Department of Nanobiotechnology/Biophysics, Faculty of Biological Science, Tarbiat Modares University, 14115-154 Tehran, Iran; Ludwig Boltzmann Institute for Experimental and Clinical Traumatology, AUVA Research Center, Donaueschingenstraße 13, 1200 Vienna, Austria; Austrian Cluster for Tissue Regeneration, Donaueschingenstraße 13, 1200 Vienna, Austria.

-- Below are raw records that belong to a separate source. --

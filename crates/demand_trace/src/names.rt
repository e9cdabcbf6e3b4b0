//! Names of what goes by number.
ghost use Rattle.std.specs.Prelude.{◌≡◌, ◌<◌, All, chars, slice_get};
ghost use Rattle.std.specs.Option.{option_copied};
ghost use Rattle.mof_metamodel.specs.Metamodels.{enum_count, enum_at, literal_at};
ghost use Rattle.mof_metamodel.specs.Tables.{IsPropOf};
ghost use Rattle.demand_trace.specs.Traces as spec;
ghost use Rattle.demand_trace.specs.Naming.{world, place_at, props_at, FindsNames};

use mof_metamodel::{ClassId, EnumId, MetaModel, PropId};
use object_tables::{Model, ObjId};
use ocl_environments::Metas;
use ocl_eval::Models;
use qv_syntax::{ModelSlot, Program, Rel, Var};

/// Where names are found: a program in the direction of its target, its metamodels and models, the metamodel of the target, and for each class of
/// that the place of its key in the program.
#[derive(Clone, Copy)]
pub(crate) struct Names<'a, 'm> {
    pub(crate) program: &'a Program,
    pub(crate) metas: &'a Metas,
    pub(crate) models: &'a Models<'m>,
    pub(crate) target: &'a MetaModel,
    pub(crate) keys: &'a [Option<usize>],
}

/// The name of an enumeration, nothing where there is none of this number.
#[tactic(auto, using(crate::proofs::NameLaws::no_characters, crate::proofs::NameLaws::no_enumeration))]
pub(crate) fn enum_name(meta: &MetaModel, of: EnumId) -> &str
    ensures { chars result.now ≡ (enum_at meta.now of.0).name }
{
    if of.0 < meta.enum_count() {
        meta.enum_name(of)
    } else {
        ""
    }
}

/// The name of a literal of an enumeration, nothing where there is none of this place.
#[tactic(auto, using(crate::proofs::NameLaws::no_characters))]
fn literal_at(meta: &MetaModel, of: EnumId, place: u32) -> &str
    requires { of.0 < enum_count meta.now }
    ensures { chars result.now ≡ literal_at meta.now of.0 place }
{
    match meta.literals(of).get(place as usize) {
        Some(literal) => literal.as_str(),
        None => "",
    }
}

/// The name of a literal, nothing where there is none of this place or no enumeration of this number.
#[tactic(auto, using(crate::proofs::NameLaws::no_characters, crate::proofs::NameLaws::no_literal))]
pub(crate) fn literal_name(meta: &MetaModel, of: EnumId, place: u32) -> &str
    ensures { chars result.now ≡ literal_at meta.now of.0 place }
{
    if of.0 < meta.enum_count() {
        literal_at(meta, of, place)
    } else {
        ""
    }
}

/// The identifier of an object, nothing where it isn't live.
#[tactic(auto, using(crate::proofs::NameLaws::no_characters))]
fn identifier<'a>(model: &'a Model<'_>, object: ObjId) -> &'a str
    ensures { chars result.now ≡ spec.identifier_of model.now object.0 }
{
    if model.is_live(object) {
        model.id_of(object)
    } else {
        ""
    }
}

impl<'a> Names<'a, '_> {
    /// The model of this number, as the program names it.
    fn slot(&self, model: u32) -> Option<&'a ModelSlot>
        ensures { option_copied result ≡ slice_get self.now.program.now.models model }
    {
        self.program.models.as_slice().get(model as usize)
    }

    /// The name of a model.
    pub(crate) fn model_name(&self, model: u32) -> &'a str
        ensures { chars result.now ≡ spec.model_name (world self.now) model }
    {
        match self.slot(model) {
            Some(slot) => slot.name.as_str(),
            None => "",
        }
    }

    /// The identifier of an object of a model.
    pub(crate) fn identifier(&self, model: u32, object: ObjId) -> &'a str
        ensures { chars result.now ≡ spec.identifier_in (slice_get (world self.now).models model) object.0 }
    {
        match self.models.get(model as usize) {
            Some(model) => identifier(model, object),
            None => "",
        }
    }

    /// The name of a class of the target.
    #[tactic(auto, using(crate::proofs::NameLaws::no_characters, crate::proofs::NameLaws::no_class_name))]
    pub(crate) fn class_name(&self, class: ClassId) -> &'a str
        requires { FindsNames self.now }
        ensures { chars result.now ≡ spec.class_name (world self.now) class }
    {
        if class.0 < self.target.class_count() {
            self.target.class_name(class)
        } else {
            ""
        }
    }

    /// The name of a property of the target.
    pub(crate) fn prop_name(&self, prop: PropId) -> &'a str
        requires names { FindsNames self.now }
        requires prop { IsPropOf self.now.target.now prop }
        ensures { chars result.now ≡ spec.prop_name (world self.now) prop }
    {
        self.target.prop(prop).name.as_str()
    }

    /// The place of the key of a class of the target, if it has one.
    fn key_place(&self, class: ClassId) -> Option<usize>
        ensures { result ≡ place_at self.now.keys.now class.0 }
    {
        match self.keys.get(class.0 as usize) {
            Some(place) => *place,
            None => None,
        }
    }

    /// The properties of the key at a place.
    fn props_at(&self, place: usize) -> Option<&'a [PropId]>
        ensures { option_copied result ≡ props_at self.now.program.now (Some place) }
    {
        match self.program.keys.as_slice().get(place) {
            Some(key) => Some(key.props.as_slice()),
            None => None,
        }
    }

    /// The properties of the key of a class of the target, none where it has no key.
    pub(crate) fn key_props(&self, class: ClassId) -> &'a [PropId]
        requires { FindsNames self.now }
        ensures props { result.now ≡ spec.key_props (world self.now) class }
        ensures within { All (IsPropOf self.now.target.now) result.now }
    {
        match self.key_place(class) {
            Some(place) => match self.props_at(place) {
                Some(props) => props,
                None => &[],
            },
            None => &[],
        }
    }

    /// The relation of this number.
    fn relation(&self, number: u32) -> Option<&'a Rel>
        ensures { option_copied result ≡ slice_get self.now.program.now.rels number }
    {
        self.program.rels.as_slice().get(number as usize)
    }

    /// The name of a relation.
    pub(crate) fn relation_name(&self, number: u32) -> &'a str
        ensures { chars result.now ≡ spec.relation_name (slice_get self.now.program.now.rels number) }
    {
        match self.relation(number) {
            Some(rel) => rel.name.as_str(),
            None => "",
        }
    }

    /// The variables of a relation.
    pub(crate) fn variables(&self, number: u32) -> &'a [Var]
        ensures { result.now ≡ spec.variables_of (slice_get self.now.program.now.rels number) }
    {
        match self.relation(number) {
            Some(rel) => rel.vars.as_slice(),
            None => &[],
        }
    }
}
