ghost use Rattle.std.specs.Prelude.{◌≡◌, true, map};
ghost use Rattle.program_texts.specs.Stored.{all_true, is_stored, is_call_stored, is_infix_stored, is_postfix_stored};

use qv_syntax::{Call, Node, Typed, TypedInfix, TypedPostfix};

#[cycle(texts)]
pub(crate) fn stored_expressions(parts: &[Typed])
    ensures { all_true (map is_stored parts.now) ≡ true }
{
    for part in parts {
        stored_expression(part);
    }
}

#[cycle(texts)]
fn stored_links(links: &[TypedInfix])
    ensures { all_true (map is_infix_stored links.now) ≡ true }
{
    for link in links {
        stored_expression(&link.right);
    }
}

#[cycle(texts)]
fn stored_calls(calls: &[TypedPostfix])
    ensures { all_true (map is_postfix_stored calls.now) ≡ true }
{
    for call in calls {
        stored_call(&call.call);
    }
}

#[cycle(texts)]
fn stored_call(call: &Call)
    ensures { is_call_stored call.now ≡ true }
{
    match call {
        Call::Property { .. } => {}
        Call::CollectProperty { .. } => {}
        Call::Operation { args, .. } => stored_expressions(args.as_slice()),
        Call::Class { .. } => {}
        Call::Collection { args, .. } => stored_expressions(args.as_slice()),
        Call::Iterator { body, .. } => stored_expression(body.get()),
    }
}

/// Each string literal within the expression is storable.
#[cycle(texts)]
pub(crate) fn stored_expression(e: &Typed)
    ensures { is_stored e.now ≡ true }
{
    match &e.node {
        Node::Number { .. } => {}
        Node::Str { value } => {
            let _text = value.text();
        }
        Node::Bool { .. } => {}
        Node::Null => {}
        Node::Invalid => {}
        Node::EnumLiteral { .. } => {}
        Node::Variable { .. } => {}
        Node::Let { value, body, .. } => {
            stored_expression(value.get());
            stored_expression(body.get());
        }
        Node::Chain { first, rest } => {
            stored_expression(first.get());
            stored_links(rest.as_slice());
        }
        Node::Not { operand } => stored_expression(operand.get()),
        Node::Negated { operand } => stored_expression(operand.get()),
        Node::Calls { of, calls } => {
            stored_expression(of.get());
            stored_calls(calls.as_slice());
        }
        Node::If {
            condition,
            one,
            other,
        } => {
            stored_expression(condition.get());
            stored_expression(one.get());
            stored_expression(other.get());
        }
        Node::Coll { elements, .. } => stored_expressions(elements.as_slice()),
        Node::Extent { .. } => {}
        Node::Query { args, .. } => stored_expressions(args.as_slice()),
    }
}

Department of Nanobiotechnology/Biophysics, Faculty of Biological Science, Tarbiat Modares University, 14115-154 Tehran, Iran.
Mater Sci Eng C Mater Biol Appl. 2020 Jun;111:110775. doi: 10.1016/j.msec.2020.110775. Epub 2020 Feb 24.

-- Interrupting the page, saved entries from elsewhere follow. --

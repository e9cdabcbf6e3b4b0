//! The trace of a set of demands.
ghost use Rattle.std.specs.Prelude.{◌≡◌, ◌<◌, All, IfOk, chars, length};
ghost use Rattle.mof_metamodel.specs.Tables.{IsPropOf};
ghost use Rattle.entry_finding.specs.Premises.{CanBeEnforced};
ghost use Rattle.repair_semantics.specs.declared.demand.Demand.{Demand};
ghost use Rattle.repair_semantics.specs.TargetItems.{target_metamodel};
ghost use Rattle.demand_set.specs.DemandSets.{IsDemandSet};
ghost use Rattle.demand_trace.specs.Traces as spec;
ghost use Rattle.demand_trace.specs.Naming.{world, FindsNames};
ghost use Rattle.demand_trace.specs.Cuts.{AreFrom};

use crate::key_places::key_places;
use crate::names::Names;
use demand_set::DemandSet;
use mof_metamodel::{MetaModel, NoMemory, Seq, Text, or_drop};
use ocl_environments::Metas;
use ocl_eval::Models;
use qv_syntax::Program;
use std::alloc::Global;
use trace_log::{Trace, TraceEntry};

/// The metamodel of the target.
fn target_meta<'m>(program: &Program, models: &Models<'m>) -> &'m MetaModel
    requires { program.now.target < length models.now }
    ensures { result.now ≡ target_metamodel program.now models.now }
{
    match models.get(program.target as usize) {
        Some(model) => model.meta(),
        None => unreachable!(),
    }
}

/// A trace with these entries.
fn titled(
    alloc: Global,
    transformation: &Text,
    target: &str,
    entries: Seq<TraceEntry>,
) -> Result<Trace, NoMemory>
    ensures { IfOk result (λ t. t ≡ record { transformation = transformation.now; target = chars target.now; entries = entries }) }
{
    let transformation = or_drop!(transformation.duplicate(alloc); entries);
    let target = or_drop!(Text::new(alloc, target); entries, transformation);
    Ok(Trace {
        transformation,
        target,
        entries,
    })
}

impl Names<'_, '_> {
    /// The entries of a set of demands.
    fn all_entries(&self, alloc: Global, demands: &DemandSet) -> Result<Seq<TraceEntry>, NoMemory>
        requires names { FindsNames self.now }
        requires props { All (λ (d : Demand). IsPropOf self.now.target.now d.prop) demands.now.list }
        requires order { AreFrom 0 demands.now.list }
        ensures { IfOk result (λ es. es ≡ spec.entries_trace (world self.now) demands.now.list 0 demands.now.entries) }
    {
        let entries = demands.entries(alloc)?;
        let list = or_drop!(demands.list(alloc); entries);
        let traced = self.entries(alloc, entries.as_slice(), list.as_slice());
        drop(list);
        drop(entries);
        traced
    }

    /// The trace of a set of demands.
    fn trace(&self, alloc: Global, demands: &DemandSet) -> Result<Trace, NoMemory>
        requires names { FindsNames self.now }
        requires props { All (λ (d : Demand). IsPropOf self.now.target.now d.prop) demands.now.list }
        requires order { AreFrom 0 demands.now.list }
        ensures { IfOk result (λ t. t ≡ spec.trace_in (world self.now) demands.now) }
    {
        let entries = self.all_entries(alloc, demands)?;
        let target = self.model_name(self.program.target);
        titled(alloc, &self.program.name, target, entries)
    }
}

/// The trace of a set of demands: the transformation and the model that is its target; the entries in their order, each with its relation, whether it is
/// called, the values of its universal variables and, where it is called, of the root of its target domain, those of all other variables as what it makes,
/// and what it demands in the order of the text. All goes by name: an object of a source model by its model and its identifier, one of the target by its
/// class and the values of its key. It takes memory by the length of the trace's text; terms that are shared are written out at each place.
///
/// # Errors
///
/// `NoMemory` where memory runs out.
pub fn trace_of(
    alloc: Global,
    program: &Program,
    metas: &Metas,
    models: &Models<'_>,
    demands: &DemandSet,
) -> Result<Trace, NoMemory>
    requires premises { CanBeEnforced metas.now program.now models.now }
    requires set { IsDemandSet program.now models.now demands.now }
    ensures { IfOk result (λ t. t ≡ spec.trace_of program.now metas.now models.now demands.now) }
{
    let target = target_meta(program, models);
    let keys = key_places(alloc, program, target)?;
    let names = Names {
        program,
        metas,
        models,
        target,
        keys: keys.as_slice(),
    };
    let trace = names.trace(alloc, demands);
    drop(keys);
    trace
}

Template-mediated self-assembly synthesis has produced a diverse range of biomimetic materials with unique physicochemical properties. Here, we fabricated novel fluorescent three-dimensional (3-D) hydroxyapatite (HAP) nanorod-assembled microspheres using iron quantum cluster (FeQC) as a hybrid template, containing three organic components: hemoglobin chains, piperidine, and iron clusters. The material characterization indicated that the synthesized HAP possessed a uniform rod-like morphology, ordered 3-D architecture, high crystallinity, self-activated fluorescence, and remarkable photostability. Our study proposed that this FeQC template is a promising regulating agent to fabricate fluorescent self-assembled HAP microspheres with a controlled morphology. The effect of HAP on stem cell fate and their osteogenic differentiation was investigated by culturing human bone marrow-derived mesenchymal stromal/stem cells (BMSCs) with HAP microspheres. Significant increases in collagen matrix production and gene expression of osteogenic markers, including osteocalcin (OCN), Runt-related transcription factor 2 (Runx2), bone sialoprotein (BSP) and alkaline phosphatase (ALP), were observed compared to the controls after 21 days of culture. Taken together, our data suggest that synthetic HAP nanorod-assembled microspheres represent a promising new biomaterial which exhibits enhanced fluorescent properties and osteoinductive effects on human BMSCs.
模板介导的自组装合成方法已经产生了具有独特物理化学性质的多种仿生材料。在这里,我们使用铁量子簇 (FeQC) 作为混合模板,制造了新型荧光三维 (3-D) 羟基磷灰石 (HAP) 纳米棒组装微球,其中包含三个有机成分:血红蛋白链、哌啶和铁簇。材料表征表明,合成的 HAP 具有均匀的棒状形态、有序的 3-D 结构、高结晶度、自激活荧光和显著的光稳定性。我们的研究表明,这种 FeQC 模板是一种很有前途的调节剂,可以制备具有受控形态的荧光自组装 HAP 微球。通过用 HAP 微球培养人骨髓间充质干细胞 (BMSCs),研究了 HAP 对干细胞命运及其成骨分化的影响。与对照组相比,培养 21 天后,观察到胶原蛋白基质产生显著增加,成骨标志物的基因表达,包括骨钙素 (OCN)、Runt 相关转录因子 2 (Runx2)、骨涎蛋白 (BSP) 和碱性磷酸酶 (ALP)。总之,我们的数据表明,合成的 HAP 纳米棒组装微球代表了一种有前途的新型生物材料,它具有增强的荧光特性和对人 BMSCs 的成骨诱导作用。